The long-awaited plan to build a landing stage at Kempston Mill has now been given the green light and work will begin this month.

Planning permission for the landing stage was granted to the Bedford & Milton Keynes Waterway Trust in January 2019 and the project is being built in partnership with Bedford Borough Council and the Environment Agency.

The construction of the landing stage at Kempston Mill is hoped to encourage more boats to make the journey to the head of navigation on the River Great Ouse.

The arrival of more boats will bring visitors into Kempston, boosting the local economy, especially for local pubs, restaurants and cafes.

Commenting on the project, Julian Armitage from the Bedford and Milton Keynes Waterway Trust said: “Research has shown that an active waterway is even more attractive to visitors, so we hope that the new landing stage will help put Kempston on the map, making it a destination for visitors both on and off the water.

“We are sure that once it is built, the landing stage will be a very positive addition to the river at Kempston Mill.”

This news comes off the back of the recent announcement that Kempston Mill Bridge is now under council ownership and will be repaired later in the year.

In the longer term, the Council hopes to replace the bridge and has included it in a bid for Government “levelling up” funds.

Read: Kempston to benefit from £15m bid to Government’s ‘Levelling Up Fund’

The Bedford & Milton Keynes Waterway Trust has pledged up to £135,000 to support this bid in anticipation that a new bridge can be raised slightly to allow boats to pass underneath it.

The John Bunyan Boat and others would be able to make use of the landing stage

This would enable the Trust to achieve its ambition to bring more pleasure cruises up to Kempston Mill, including the John Bunyan boat which it operates.

With a new and raised bridge at Kempston Mill, the John Bunyan and other larger boats of a similar length will be able to pass underneath and turn around further upstream.
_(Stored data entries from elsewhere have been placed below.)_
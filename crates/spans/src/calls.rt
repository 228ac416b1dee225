//! Tests on what a command did: on its calls and what they came to, and on what it read.

ghost use Rattle.std.specs.Prelude.{◌≡◌, ◌≤◌, ◌&&◌, length, position, take};
ghost use Rattle.std.specs.List.{list_any, position_or_len};
ghost use Rattle.shard_names.specs.Tablets.{alias_eq};
ghost use Rattle.shard_calls.specs.Kinds.{kind_eq};
ghost use Rattle.shard_calls.specs.Refusals.{refusal_to, refusal_after, refusal_by_topology};
ghost use Rattle.shard_calls.specs.declared.answer.Answer.TheVariants as says;
ghost use Rattle.shard_calls.specs.Causes.{is_this, refusal_of_asked, refusal_by_call, call_refuses, topology_refuses, is_call, outcome_passes, answer_passes, any_answer, is_intended, before_first, is_taking, from_first, is_needed_by_planned, is_of_catching_up, is_needed_by_emergency, is_set_source_kind, is_status_kind, is_promoted_answer};
ghost use Rattle.spans.specs.Needed.{is_needed};

use crate::equality::kind_eq;
use crate::same::{
    is_errant, is_not_acknowledged, is_not_caught_up, is_stale_term, is_this, is_unreachable,
};
use refusals::{is_of_promotion, refusal_by_topology};
use shard_calls::{Answer, Asked, Deed, Kind, Outcome, Refusal, Stand, Unacked};
use shard_names::Alias;

/// Which calls a command needs.
#[derive(Clone, Copy)]
pub enum Needed {
    /// A planned reparent, before anything is undone.
    Planned,
    /// A planned reparent, so that a tablet catches up with the old primary.
    CatchingUp,
    /// An emergency reparent, once it has chosen.
    Emergency,
    /// Those that tell a tablet to replicate.
    SetSource,
    /// Those that ask a tablet for its status.
    Status,
}

fn is_needed_by_planned(kind: Kind) -> bool
    ensures { result ≡ is_needed_by_planned kind }
{
    matches!(kind, Kind::Demote | Kind::Promote | Kind::WaitTold)
}

fn is_of_catching_up(kind: Kind) -> bool
    ensures { result ≡ is_of_catching_up kind }
{
    matches!(kind, Kind::SetSource | Kind::WaitFor)
}

fn is_needed_by_emergency(kind: Kind) -> bool
    ensures { result ≡ is_needed_by_emergency kind }
{
    matches!(
        kind,
        Kind::Promote | Kind::Feed | Kind::WaitFor | Kind::WaitTold
    )
}

fn is_needed(needed: Needed, kind: Kind) -> bool
    ensures { result ≡ is_needed needed kind }
{
    match needed {
        Needed::Planned => is_needed_by_planned(kind),
        Needed::CatchingUp => is_of_catching_up(kind),
        Needed::Emergency => is_needed_by_emergency(kind),
        Needed::SetSource => kind_eq(kind, Kind::SetSource),
        Needed::Status => kind_eq(kind, Kind::Status),
    }
}

// ---- whether a call refuses the command so

fn keeps_so(refusal: &Refusal, asked: &Asked, stand: &Stand) -> bool
    ensures { result ≡ is_this refusal.now (refusal_to asked.now (says.Kept stand.now)) }
{
    if !is_of_promotion(asked.kind) {
        return false;
    }
    let cause = Unacked::Kept {
        stand: stand.standing(),
    };
    is_not_acknowledged(&asked.alias, &cause, refusal)
}

fn is_not_told(refusal: &Refusal, asked: &Asked) -> bool
    ensures { result ≡ is_this refusal.now (refusal_to asked.now says.NotTold) }
{
    let cause = Unacked::NotTold {
        since: asked.sent,
        now: asked.arrived,
    };
    is_not_acknowledged(&asked.alias, &cause, refusal)
}

fn answers_so(refusal: &Refusal, asked: &Asked, answer: &Answer) -> bool
    ensures { result ≡ is_this refusal.now (refusal_to asked.now answer.now) }
{
    match answer {
        Answer::NotTold => is_not_told(refusal, asked),
        Answer::Kept { stand } => keeps_so(refusal, asked, stand),
        Answer::StaleTerm { seen } => is_stale_term(&asked.alias, *seen, refusal),
        Answer::NotCaughtUp { missing } => {
            is_not_caught_up(&asked.alias, missing, asked.sent, asked.arrived, refusal)
        }
        Answer::Errant { extra } => is_errant(&asked.alias, extra, refusal),
        _ => false,
    }
}

fn comes_to(refusal: &Refusal, asked: &Asked, outcome: &Outcome) -> bool
    ensures { result ≡ is_this refusal.now (refusal_after asked.now outcome.now) }
{
    match outcome {
        Outcome::Answered { answer } => answers_so(refusal, asked, answer),
        Outcome::GivenUp { why } => is_unreachable(&asked.alias, why, refusal),
    }
}

fn asked_refuses(needed: Needed, refusal: &Refusal, asked: &Asked) -> bool
    ensures { result ≡ is_this refusal.now (refusal_of_asked (is_needed needed) asked.now) }
{
    if !is_needed(needed, asked.kind) {
        return false;
    }
    match &asked.outcome {
        Some(outcome) => comes_to(refusal, asked, outcome),
        None => false,
    }
}

fn deed_refuses(needed: Needed, refusal: &Refusal, deed: &Deed) -> bool
    ensures { result ≡ is_this refusal.now (refusal_by_call (is_needed needed) deed.now) }
{
    match deed {
        Deed::Asked { asked } => asked_refuses(needed, refusal, asked),
        _ => false,
    }
}

/// Whether a call that is needed refuses the command so.
pub fn call_refuses(needed: Needed, refusal: &Refusal, span: &[Deed]) -> bool
    ensures { result ≡ call_refuses (is_needed needed) refusal.now span.now }
{
    span.iter().any(|deed| deed_refuses(needed, refusal, deed))
}

fn lock_refuses(refusal: &Refusal, deed: &Deed) -> bool
    ensures { result ≡ is_this refusal.now (refusal_by_topology deed.now) }
{
    is_this(refusal, &refusal_by_topology(deed))
}

/// Whether the topology refuses the command so.
pub fn topology_refuses(refusal: &Refusal, span: &[Deed]) -> bool
    ensures { result ≡ topology_refuses refusal.now span.now }
{
    span.iter().any(|deed| lock_refuses(refusal, deed))
}

// ---- the calls of one kind

/// Whether it is a call of this kind.
pub fn is_call(kind: Kind, deed: &Deed) -> bool
    ensures { result ≡ is_call kind deed.now }
{
    match deed {
        Deed::Asked { asked } => kind_eq(asked.kind, kind),
        _ => false,
    }
}

/// Whether it is a call of this kind to this tablet.
pub fn is_to(kind: Kind, alias: &Alias, asked: &Asked) -> bool
    ensures { result ≡ (kind_eq asked.now.kind kind && alias_eq asked.now.alias alias.now) }
{
    kind_eq(asked.kind, kind) && asked.alias == *alias
}

/// Whether a tablet was promoted.
pub fn is_promoted_answer(outcome: &Option<Outcome>) -> bool
    ensures { result ≡ outcome_passes is_promoted_answer outcome.now }
{
    matches!(
        outcome,
        Some(Outcome::Answered {
            answer: Answer::Promoted { .. }
        })
    )
}

/// Whether it is an intent.
pub fn is_intended(deed: &Deed) -> bool
    ensures { result ≡ is_intended deed.now }
{
    matches!(deed, Deed::Intended { .. })
}

fn first_intent(span: &[Deed]) -> Option<usize>
    ensures { result ≡ position is_intended span.now }
{
    span.iter().position(|deed| is_intended(deed))
}

#[tactic(auto, using(crate::proofs::SpanLemmas::intent_at, crate::proofs::SpanLemmas::no_intent))]
fn count_before(span: &[Deed]) -> usize
    ensures { result ≡ position_or_len is_intended span.now }
{
    match first_intent(span) {
        Some(place) => place,
        None => span.len(),
    }
}

fn front(span: &[Deed], count: usize) -> &[Deed]
    requires { count ≤ length span.now }
    ensures { result.now ≡ take count span.now }
{
    &span[..count]
}

/// What was done before the first intent.
#[tactic(auto, using(crate::proofs::SpanLemmas::before_is_front, crate::proofs::SpanLemmas::before_within))]
pub fn before_intent(span: &[Deed]) -> &[Deed]
    ensures { result.now ≡ before_first is_intended span.now }
{
    front(span, count_before(span))
}

fn is_taking(deed: &Deed) -> bool
    ensures { result ≡ is_taking deed.now }
{
    matches!(deed, Deed::Took { .. })
}

/// What was done since the lock was first asked for.
pub fn from_taking(span: &[Deed]) -> &[Deed]
    ensures { result.now ≡ from_first is_taking span.now }
{
    let mut left = span;
    while let Some((deed, more)) = left.split_first() {
        if is_taking(deed) {
            return left;
        }
        left = more;
    }
    left
}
At the moment the John Bunyan has to stop its cruises slightly downstream in order to turn safely.

Work on the landing stage will begin in October and should be completed by the end of the year.

Julian said: “We are aware that any building work causes some level of disruption but we are working with our contractors to ensure this is kept to a minimum.

“The vast majority of local people are very supportive of this project, and understand that there might be some short-term upheaval in order to achieve long term gain.”

It is hoped that upon completion of the landing stage and renovation of the bridge, that new walks and cycleways will be created for local people to enjoy.